🤖 AI Summary
This work addresses the challenge of sparse 4D radar point clouds, which hinder effective environmental perception due to insufficient structural information. To overcome this limitation, the authors propose DRIFT, a novel model that achieves the first efficient joint modeling of local details and global context in 4D radar perception. DRIFT employs a dual-path Transformer-based architecture that simultaneously extracts point-level local features and pillar-voxel global representations, enhanced by a multi-stage feature sharing mechanism to enable deep interweaving fusion. Evaluated on the View-of-Delft (VoD) benchmark and an internal dataset, DRIFT significantly outperforms existing methods, achieving a state-of-the-art mAP of 52.6% for 3D object detection on VoD—substantially surpassing CenterPoint (45.4%).
📝 Abstract
4D radars, which provide 3D point cloud data along with Doppler velocity, are attractive components of modern automated driving systems due to their low cost and robustness under adverse weather conditions.

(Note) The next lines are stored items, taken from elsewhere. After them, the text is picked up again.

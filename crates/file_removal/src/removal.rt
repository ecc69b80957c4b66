// The listed paths of a package are taken away, the last first.
ghost use Rattle.std.specs.Prelude.{◌≡◌, ◌⊎◌, true, false, Err, IsTrue, None, OnOk};
ghost use Rattle.host_core.specs.declared.fault.HostFault.TheVariants.{Declined};
ghost use Rattle.host_core.specs.Host.{AtEachMoment, Counts, Needs, Silent, WasDenied};
ghost use Rattle.host_core.specs.World.{IsBare, IsDirectory, put};
ghost use Rattle.file_removal.specs.Lowering.{TookLowered};
ghost use Rattle.file_removal.specs.Removal.{LooseDenied, IsRemoving, IsRemovingBy, IsRemovingDirectories, LeavesRemoved};
ghost use Rattle.file_removal.specs.Visits.{IsVisited, IsVisiting};

use crate::Leaving;
use crate::clearing::retire;
use administration::{Standing, is_bare, look};
use host_core::{Host, HostFault, RootPath};

// Takes an empty directory away. Where the system declines that (a mount point, say) it stays.
fn remove_directory<H: Host>(host: &mut H, path: &RootPath) -> Result<(), HostFault>
    requires there { Needs (H.state host.old) (λ w. IsDirectory (w path.now)) }
    requires bare { Needs (H.state host.old) (λ w. IsBare w path.now) }
    ensures gone { IsTrue (H.state host.new).honest
        → OnOk result (((H.state host.new).world ≡ put (H.state host.old).world path.now None)
        ⊎ (((H.state host.new).world ≡ (H.state host.old).world)
        × WasDenied (H.state host.old) (H.state host.new) path.now)) }
    ensures any_moment { AtEachMoment
        (λ old now. (now ≡ old) ⊎ (now ≡ put old path.now None)) (H.state host.old)
        (H.state host.new) }
    ensures declined { result ≡ Err Declined → ⊥ }
    ensures lowered { TookLowered (H.state host.old) (H.state host.new) }
    ensures silent { Silent (H.state host.old) (H.state host.new) }
    ensures counts { Counts (H.state host.old) (H.state host.new) result }
{
    match host.remove_dir(path) {
        Ok(()) => Ok(()),
        Err(HostFault::Declined) => Ok(()),
        Err(HostFault::Device) => Err(HostFault::Device),
        Err(HostFault::NoMemory) => Err(HostFault::NoMemory),
    }
}

// Takes away what stands at one listed path: a directory that has entries stays.
fn remove_one<H: Host>(
    host: &mut H,
    leaving: &Leaving,
    directories_only: bool,
) -> Result<(), HostFault>
    ensures visited { IsTrue (H.state host.new).honest
        → OnOk result (IsVisited (WasDenied (H.state host.old) (H.state host.new)) directories_only
        leaving.now (H.state host.old).world (H.state host.new).world) }
    ensures any_moment { AtEachMoment (IsVisiting directories_only leaving.now) (H.state host.old)
        (H.state host.new) }
    ensures declined { result ≡ Err Declined → LooseDenied directories_only (H.state host.old)
        (H.state host.new) }
    ensures lowered { TookLowered (H.state host.old) (H.state host.new) }
    ensures silent { Silent (H.state host.old) (H.state host.new) }
    ensures counts { Counts (H.state host.old) (H.state host.new) result }
{
    if !leaving.goes {
        return Ok(());
    }
    match look(host, &leaving.place)? {
        Standing::Nothing => Ok(()),
        Standing::Loose => {
            if directories_only {
                return Ok(());
            }
            retire(host, &leaving.place)
        }
        Standing::Directory => {
            if !is_bare(host, &leaving.place)? {
                return Ok(());
            }
            remove_directory(host, &leaving.place)
        }
    }
}

// In path order a directory stands before what is below it, so the last path is visited first.
fn remove_each<H: Host>(
    host: &mut H,
    leaving: &[Leaving],
    directories_only: bool,
) -> Result<(), HostFault>
    ensures removed { LeavesRemoved result directories_only leaving.now (H.state host.old)
        (H.state host.new) }
    ensures any_moment { AtEachMoment (IsRemovingBy directories_only leaving.now) (H.state host.old)
        (H.state host.new) }
    ensures declined { result ≡ Err Declined → LooseDenied directories_only (H.state host.old)
        (H.state host.new) }
    ensures lowered { TookLowered (H.state host.old) (H.state host.new) }
    ensures silent { Silent (H.state host.old) (H.state host.new) }
    ensures counts { Counts (H.state host.old) (H.state host.new) result }
{
    let mut count = leaving.len();
    while count > 0 {
        let last = count - 1;
        remove_one(host, &leaving[last], directories_only)?;
        count = last;
    }
    Ok(())
}

/// Removes what stands at the places that may go, given in path order. A directory goes if nothing is
/// left below it; where its removal is declined it stays, as does what is above it.
pub fn remove_owned<H: Host>(host: &mut H, leaving: &[Leaving]) -> Result<(), HostFault>
    ensures removed { LeavesRemoved result false leaving.now (H.state host.old)
        (H.state host.new) }
    ensures any_moment { AtEachMoment (IsRemoving leaving.now) (H.state host.old)
        (H.state host.new) }
    ensures declined { result ≡ Err Declined → LooseDenied false (H.state host.old)
        (H.state host.new) }
    ensures lowered { TookLowered (H.state host.old) (H.state host.new) }
    ensures silent { Silent (H.state host.old) (H.state host.new) }
    ensures counts { Counts (H.state host.old) (H.state host.new) result }
{
    remove_each(host, leaving, false)
}

/// The same for directories alone, at the end of a purge: a file or link at a place stays.
pub fn remove_directories<H: Host>(host: &mut H, leaving: &[Leaving]) -> Result<(), HostFault>
    ensures removed { LeavesRemoved result true leaving.now (H.state host.old)
        (H.state host.new) }
    ensures any_moment { AtEachMoment (IsRemovingDirectories leaving.now) (H.state host.old)
        (H.state host.new) }
    ensures declined { result ≡ Err Declined → ⊥ }
    ensures lowered { TookLowered (H.state host.old) (H.state host.new) }
    ensures silent { Silent (H.state host.old) (H.state host.new) }
    ensures counts { Counts (H.state host.old) (H.state host.new) result }
{
    remove_each(host, leaving, true)
}
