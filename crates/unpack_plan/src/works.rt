// The works of what a package ships.
ghost use Rattle.std.specs.Prelude.{◌≡◌, List, IfOk};
ghost use Rattle.file_check.specs.Ready.{IsFitting};
ghost use Rattle.file_check.specs.Ships.{shipped_works};
ghost use Rattle.package_files.specs.Files.{Each};
ghost use Rattle.package_files.specs.Names.{IsNamed};
ghost use Rattle.host_core.specs.Paths.{Path};
ghost use Rattle.package_tree.specs.Package.{AreFitting};
ghost use Rattle.unpack_plan.specs.Planned.{pairs_of};

use diversions::Diversions;
use file_check::works_of;
use host_core::{Node, ShipPath};
use package_files::Work;
use package_tree::{ShipMap, ShipPaths, Shipped};
use std::alloc::{AllocError, Global};
use texts::Text;

// Each shipped path with what stands there, moved and not copied.
fn pairs_of(alloc: Global, files: Vec<Shipped>) -> Result<Vec<(ShipPath, Node)>, AllocError>
    ensures { IfOk result (λ pairs. pairs.items ≡ pairs_of files.items) }
{
    let mut pairs = Vec::new(alloc);
    for file in files {
        pairs.push((file.path, file.node))?;
    }
    Ok(pairs)
}

/// The works of a package's files, in path order.
pub(crate) fn own_works(
    alloc: Global,
    name: &Text,
    diversions: &Diversions,
    files: ShipMap,
    conffiles: &ShipPaths,
) -> Result<Vec<Work>, AllocError>
    requires { (flagged : List Path) × ∥ AreFitting files conffiles.now flagged ∥₁ }
    ensures works { IfOk result (λ works. works.items
        ≡ shipped_works diversions.now.ways name.now conffiles.now (pairs_of files)) }
    ensures named { IfOk result (λ works. Each IsNamed works.items) }
    ensures fitting { IfOk result (λ works. Each IsFitting works.items) }
{
    files.law();
    conffiles.law();
    let pairs = pairs_of(alloc, files.into_vec())?;
    let works = works_of(alloc, name, diversions, pairs, conffiles.as_slice())?;
    Ok(works)
}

However, they provide a significantly lower point cloud density than LiDAR sensors. This makes it important to exploit not only local but also global contextual scene information. This paper proposes DRIFT, a model that effectively captures and fuses both local and global contexts through a dual-path architecture. The model incorporates a point path to aggregate fine-grained local features and a pillar path to encode coarse-grained global features. These two parallel paths are intertwined via novel feature-sharing layers at multiple stages, enabling full utilization of both representations. DRIFT is evaluated on the widely used View-of-Delft (VoD) dataset and a proprietary internal dataset. It outperforms the baselines on the tasks of object detection and/or free road estimation. For example, DRIFT achieves a mean average precision (mAP) of 52.6\% (compared to, say, 45.4\% of CenterPoint) on the VoD dataset.